Laboratory Task 2 – Forward Pass

Laboratory Task 2 – Forward Pass#

Name: Joanna Reyda Santos
Section: DS4A

Instruction: Perform a single forward pass and compute for the error.

Given Parameters#

\[\begin{split} x = \begin{bmatrix} 1 \\ 0 \\ 1 \end{bmatrix}, \quad y = [1], \quad f(z) = \max(0, z) \end{split}\]

Hidden Unit Weights#

\[\begin{split} W_h = \begin{bmatrix} w_{11} = 0.2 & w_{12} = -0.3 \\ w_{13} = 0.4 & w_{14} = 0.1 \\ w_{15} = -0.5 & w_{16} = 0.2 \end{bmatrix} \end{split}\]

Output Weights#

\[\begin{split} W_o = \begin{bmatrix} w_{21} = -0.3 \\ w_{22} = -0.2 \end{bmatrix} \end{split}\]

Biases#

\[ \theta_1 = -0.4, \quad \theta_2 = 0.2, \quad \theta_3 = 0.1 \]

Solution#

Hidden Layer#

Compute each hidden unit pre-activation:

\[ z_1 = (1)(0.2) + (0)(0.4) + (1)(-0.5) + (-0.4) = -0.7 \]

\[ z_2 = (1)(-0.3) + (0)(0.1) + (1)(0.2) + (0.2) = 0.1 \]

Apply activation \(( a_i = f(z_i) = \max(0, z_i))\):

\[ a_1 = f(-0.7) = 0, \quad a_2 = f(0.1) = 0.1 \]

Output Layer#

\[ z_3 = (a_1)(-0.3) + (a_2)(-0.2) + (0.1) = 0.08 \]

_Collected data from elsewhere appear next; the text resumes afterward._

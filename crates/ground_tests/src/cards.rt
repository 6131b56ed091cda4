use crate::words::word;
use card::{
    card_text, character, code, codes_of, first_card, line_text, read_card, reproduce, spelled,
    text_of, trim, until, word_of,
};
use std::test::Fail;
use word::{Sign, Word};

#[test]
fn the_ends_of_each_run_of_codes(rt: HostRuntime) {
    assert_eq!(rt; code(b' '), Some(0));
    assert_eq!(rt; code(b'A'), Some(1));
    assert_eq!(rt; code(b'I'), Some(9));
    assert_eq!(rt; code(b'~'), Some(10));
    assert_eq!(rt; code(b'J'), Some(11));
    assert_eq!(rt; code(b'R'), Some(19));
    assert_eq!(rt; code(b'['), Some(20));
    assert_eq!(rt; code(b']'), Some(21));
    assert_eq!(rt; code(b'S'), Some(22));
    assert_eq!(rt; code(b'Z'), Some(29));
    assert_eq!(rt; code(b'0'), Some(30));
    assert_eq!(rt; code(b'9'), Some(39));
    assert_eq!(rt; code(b'.'), Some(40));
    assert_eq!(rt; code(b'\''), Some(55));
}

#[test]
fn just_56_bytes_have_a_code(rt: HostRuntime) {
    let mut with_code = 0u32;
    for b in 0..=255u8 {
        if let Some(c) = code(b) {
            assert!(rt; character(c) == b);
            with_code = with_code.saturating_add(1);
        }
    }
    assert_eq!(rt; with_code, 56);
    assert_eq!(rt; code(b'a'), None);
    assert_eq!(rt; code(13), None);
    assert_eq!(rt; code(b'"'), None);
    assert_eq!(rt; character(56), b' ');
    assert_eq!(rt; character(255), b' ');
}

#[test]
fn five_characters_are_a_word(rt: HostRuntime) -> Result<(), Fail> {
    assert_eq!(rt;
        word_of(*b"HELLO"),
        Some(word(Sign::Plus, [8, 5, 13, 13, 16])?)
    );
    assert_eq!(rt; word_of(*b"hello"), None);
    assert!(rt; text_of(word(Sign::Minus, [8, 5, 13, 13, 16])?) == *b"HELLO");
    assert!(rt; text_of(word(Sign::Plus, [55, 56, 63, 0, 30])?) == *b"'   0");
    Ok(())
}

#[test]
fn codes_and_zeros_after_them(rt: HostRuntime) {
    assert_eq!(rt; codes_of(b"A9"), Some([1, 39, 0]));
    assert_eq!(rt; codes_of(b"A9'"), Some([1, 39, 55]));
    assert_eq!(rt; codes_of::<2>(b"A9'"), None);
    assert_eq!(rt; codes_of::<3>(b"a"), None);
    assert!(rt; spelled([1, 39, 0, 56]) == *b"A9  ");
}

#[test]
fn a_card_has_at_most_80_bytes(rt: HostRuntime) -> Result<(), Fail> {
    let text = [b'X'; 81];
    let full = word(Sign::Plus, [27, 27, 27, 27, 27])?;
    let blank = word(Sign::Plus, [0, 0, 0, 0, 0])?;
    let almost = word(Sign::Plus, [27, 27, 27, 27, 0])?;
    assert_eq!(rt; read_card(&text[0..81]), None);
    assert_eq!(rt; read_card(&text[0..80]), Some([full; 16]));
    assert_eq!(rt; read_card(&text[0..0]), Some([blank; 16]));
    match read_card(&text[0..79]) {
        Some(words) => {
            assert_eq!(rt; words[15], almost);
            assert_eq!(rt; words[14], full);
            Ok(())
        }
        None => Err(Fail::new("79 bytes are a card")),
    }
}

#[test]
fn a_byte_without_code_damages_a_card(rt: HostRuntime) {
    assert_eq!(rt; read_card(b"START IN 100(16)\r"), None);
    assert_eq!(rt; read_card(b"start"), None);
    assert_eq!(rt; read_card(b"A\tB"), None);
    assert!(rt; reproduce(b"start").is_none());
    let blanks = [b' '; 81];
    assert!(rt; reproduce(&blanks[0..80]).is_some());
    assert!(rt; reproduce(&blanks).is_none());
}

#[test]
fn a_card_reproduced_is_the_same(rt: HostRuntime) -> Result<(), Fail> {
    match reproduce(b"  END  START  ") {
        Some(out) => {
            assert!(rt; trim(&out) == b"  END  START".as_slice());
            assert!(rt; out[12] == b' ' && out[79] == b' ');
            Ok(())
        }
        None => Err(Fail::new("it is a card")),
    }
}

#[test]
fn words_as_a_card_and_as_a_line(rt: HostRuntime) -> Result<(), Fail> {
    let w = word(Sign::Minus, [1, 60, 2, 11, 55])?;
    let card = card_text(&[w; 16]);
    assert!(rt;
        card[0] == b'A'
            && card[1] == b' '
            && card[2] == b'B'
            && card[78] == b'J'
            && card[79] == b'\''
    );
    let line = line_text(&[w; 24]);
    assert!(rt; line[115] == b'A' && line[116] == b' ' && line[119] == b'\'');
    Ok(())
}

#[test]
fn bytes_before_a_stop_and_blanks_at_the_end(rt: HostRuntime) {
    assert_eq!(rt; until(b"AB,C,D", b','), 2);
    assert_eq!(rt; until(b"AB", b','), 2);
    assert!(rt; trim(b" A B  ") == b" A B".as_slice());
    assert!(rt; trim(b"   ").is_empty());
}

#[test]
fn a_text_is_split_at_byte_10(rt: HostRuntime) -> Result<(), Fail> {
    assert!(rt; first_card(b"").is_none());
    let Some((card, rest)) = first_card(b"A\n\nB") else {
        return Err(Fail::new("there is a card"));
    };
    assert!(rt; card == b"A".as_slice() && rest == b"\nB".as_slice());
    let Some((card, rest)) = first_card(rest) else {
        return Err(Fail::new("there is an empty card"));
    };
    assert!(rt; card.is_empty() && rest == b"B".as_slice());
    let Some((card, rest)) = first_card(rest) else {
        return Err(Fail::new("there is a last card"));
    };
    assert!(rt; card == b"B".as_slice() && rest.is_empty());
    Ok(())
}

\[ \hat{y} = f(z_3) = f(0.08) = 0.08 \]

Error Calculation#

\[ E = \frac{1}{2}(y - \hat{y})^2 \]

\[ E = \frac{1}{2}(1 - 0.08)^2 = 0.4232 \]

Final Results#

\[ \hat{y} = 0.08, \quad E = 0.4232 \]

import numpy as np

# Input and target
x = np.array([1, 0, 1])
y = np.array([1])

# ReLU activation
def relu(z):
    return np.maximum(0, z)

# Hidden layer
z1 = (1*0.2) + (0*0.4) + (1*-0.5) + (-0.4)
z2 = (1*-0.3) + (0*0.1) + (1*0.2) + (0.2)

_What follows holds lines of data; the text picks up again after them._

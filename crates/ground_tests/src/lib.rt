// Tests of words, arithmetic and cards at their corners. The expected values are worked by hand from the rules.
#![tactic(auto)]

#[cfg(test)]
mod cards;
#[cfg(test)]
mod fields;
#[cfg(test)]
mod products;
#[cfg(test)]
mod shifts;
#[cfg(test)]
mod sums;
#[cfg(test)]
mod words;
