use crate::words::word;
use arith::{Pair, Shift};
use std::test::Fail;
use word::Sign;

fn pair(first: [u8; 5], second: [u8; 5]) -> Result<Pair, Fail> {
    Ok(Pair {
        a: word(Sign::Plus, first)?,
        x: word(Sign::Minus, second)?,
    })
}

// A + 1 2 3 4 5 and X - 6 7 8 9 10.
fn ax() -> Result<Pair, Fail> {
    pair([1, 2, 3, 4, 5], [6, 7, 8, 9, 10])
}

const ZEROS: [u8; 5] = [0, 0, 0, 0, 0];

#[test]
fn shifts_of_a(rt: HostRuntime) -> Result<(), Fail> {
    let ax = ax()?;
    assert_eq!(rt; ax.shifted(Shift::Sla, 0), ax);
    assert_eq!(rt;
        ax.shifted(Shift::Sla, 2),
        pair([3, 4, 5, 0, 0], [6, 7, 8, 9, 10])?
    );
    assert_eq!(rt; ax.shifted(Shift::Sla, 5), pair(ZEROS, [6, 7, 8, 9, 10])?);
    assert_eq!(rt; ax.shifted(Shift::Sra, 0), ax);
    assert_eq!(rt;
        ax.shifted(Shift::Sra, 4),
        pair([0, 0, 0, 0, 1], [6, 7, 8, 9, 10])?
    );
    assert_eq!(rt; ax.shifted(Shift::Sra, 10), pair(ZEROS, [6, 7, 8, 9, 10])?);
    assert_eq!(rt;
        ax.shifted(Shift::Sra, 4095),
        pair(ZEROS, [6, 7, 8, 9, 10])?
    );
    Ok(())
}

#[test]
fn shifts_of_both(rt: HostRuntime) -> Result<(), Fail> {
    let ax = ax()?;
    assert_eq!(rt; ax.shifted(Shift::Slax, 0), ax);
    assert_eq!(rt; ax.shifted(Shift::Slax, 5), pair([6, 7, 8, 9, 10], ZEROS)?);
    assert_eq!(rt; ax.shifted(Shift::Slax, 10), pair(ZEROS, ZEROS)?);
    assert_eq!(rt; ax.shifted(Shift::Srax, 0), ax);
    assert_eq!(rt; ax.shifted(Shift::Srax, 5), pair(ZEROS, [1, 2, 3, 4, 5])?);
    assert_eq!(rt; ax.shifted(Shift::Srax, 9), pair(ZEROS, [0, 0, 0, 0, 1])?);
    assert_eq!(rt; ax.shifted(Shift::Srax, 4095), pair(ZEROS, ZEROS)?);
    Ok(())
}

#[test]
fn rotations(rt: HostRuntime) -> Result<(), Fail> {
    let ax = ax()?;
    assert_eq!(rt; ax.shifted(Shift::Slc, 0), ax);
    assert_eq!(rt;
        ax.shifted(Shift::Slc, 1),
        pair([2, 3, 4, 5, 6], [7, 8, 9, 10, 1])?
    );
    assert_eq!(rt; ax.shifted(Shift::Slc, 10), ax);
    assert_eq!(rt;
        ax.shifted(Shift::Slc, 4095),
        pair([6, 7, 8, 9, 10], [1, 2, 3, 4, 5])?
    );
    assert_eq!(rt; ax.shifted(Shift::Src, 0), ax);
    assert_eq!(rt;
        ax.shifted(Shift::Src, 1),
        pair([10, 1, 2, 3, 4], [5, 6, 7, 8, 9])?
    );
    assert_eq!(rt;
        ax.shifted(Shift::Src, 5),
        pair([6, 7, 8, 9, 10], [1, 2, 3, 4, 5])?
    );
    assert_eq!(rt;
        ax.shifted(Shift::Src, 4095),
        pair([6, 7, 8, 9, 10], [1, 2, 3, 4, 5])?
    );
    Ok(())
}
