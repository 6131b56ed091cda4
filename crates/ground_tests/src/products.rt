use crate::words::word;
use arith::{Pair, multiply};
use std::test::Fail;
use word::{Sign, Word};

fn number(sign: Sign, n: u64) -> Word {
    Word::wrapping(sign, n)
}

#[test]
fn products_fill_both_words(rt: HostRuntime) {
    let largest = number(Sign::Plus, 1_073_741_823);
    assert_eq!(rt;
        multiply(largest, largest),
        Pair {
            a: number(Sign::Plus, 1_073_741_822),
            x: number(Sign::Plus, 1)
        }
    );
    assert_eq!(rt;
        multiply(largest.negated(), largest),
        Pair {
            a: number(Sign::Minus, 1_073_741_822),
            x: number(Sign::Minus, 1)
        }
    );
    assert_eq!(rt;
        multiply(number(Sign::Minus, 112), number(Sign::Plus, 2)),
        Pair {
            a: number(Sign::Minus, 0),
            x: number(Sign::Minus, 224)
        }
    );
    assert_eq!(rt;
        multiply(number(Sign::Plus, 0), number(Sign::Minus, 5)),
        Pair {
            a: number(Sign::Minus, 0),
            x: number(Sign::Minus, 0)
        }
    );
    assert_eq!(rt;
        multiply(number(Sign::Minus, 0), number(Sign::Minus, 0)),
        Pair {
            a: number(Sign::Plus, 0),
            x: number(Sign::Plus, 0)
        }
    );
}

#[test]
fn quotients_and_remainders(rt: HostRuntime) -> Result<(), Fail> {
    let ax = Pair {
        a: number(Sign::Plus, 0),
        x: number(Sign::Plus, 17),
    };
    assert_eq!(rt;
        ax.divide(number(Sign::Plus, 3)),
        Some(Pair {
            a: number(Sign::Plus, 5),
            x: number(Sign::Plus, 2)
        })
    );
    // A is -0, X + 1235 0 3 1 with 1235 in two bytes, V - 0 0 0 2 0
    let ax = Pair {
        a: number(Sign::Minus, 0),
        x: word(Sign::Plus, [19, 19, 0, 3, 1])?,
    };
    assert_eq!(rt;
        ax.divide(word(Sign::Minus, [0, 0, 0, 2, 0])?),
        Some(Pair {
            a: number(Sign::Plus, 2_529_281),
            x: number(Sign::Minus, 65)
        })
    );
    let largest = number(Sign::Plus, 1_073_741_823);
    let ax = Pair {
        a: number(Sign::Plus, 1_073_741_822),
        x: largest,
    };
    assert_eq!(rt;
        ax.divide(largest.negated()),
        Some(Pair {
            a: largest.negated(),
            x: number(Sign::Plus, 1_073_741_822)
        })
    );
    Ok(())
}

// What is in A and X after DIV: both stay where there is no quotient.
fn after(ax: Pair, v: Word) -> Pair {
    ax.divide(v).unwrap_or(ax)
}

#[test]
fn a_quotient_too_large_leaves_both_words(rt: HostRuntime) {
    let x = number(Sign::Plus, 7);
    let ax = Pair {
        a: number(Sign::Minus, 3),
        x,
    };
    assert_eq!(rt; ax.divide(number(Sign::Plus, 3)), None);
    assert_eq!(rt; after(ax, number(Sign::Plus, 3)), ax);
    let ax = Pair {
        a: number(Sign::Minus, 0),
        x,
    };
    assert_eq!(rt; ax.divide(number(Sign::Minus, 0)), None);
    assert_eq!(rt; after(ax, number(Sign::Minus, 0)), ax);
}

h1, h2 = relu(z1), relu(z2)

# Output layer
z3 = (h1*-0.3) + (h2*-0.2) + (0.1)
y_hat = relu(z3)

# Error
E = 0.5 * (y - y_hat)**2

print(f"z1 = {z1:.2f}, z2 = {z2:.2f}")
print(f"h1 = {h1:.2f}, h2 = {h2:.2f}")
print(f"z3 = {z3:.2f}")
print(f"Predicted Output (ŷ) = {y_hat:.2f}")
print(f"Error (E) = {E[0]:.4f}")

z1 = -0.70, z2 = 0.10
h1 = 0.00, h2 = 0.10
z3 = 0.08
Predicted Output (ŷ) = 0.08
Error (E) = 0.4232

Reflection#

In this activity, I performed a single forward pass through a simple neural network using the ReLU activation function. By manually computing each step and verifying with Python, I saw how the weights, biases, and activation function determine the output prediction. The error value ( E = 0.4232 ) shows that the network’s output (0.08) is far from the target (1), which will later be corrected through backpropagation.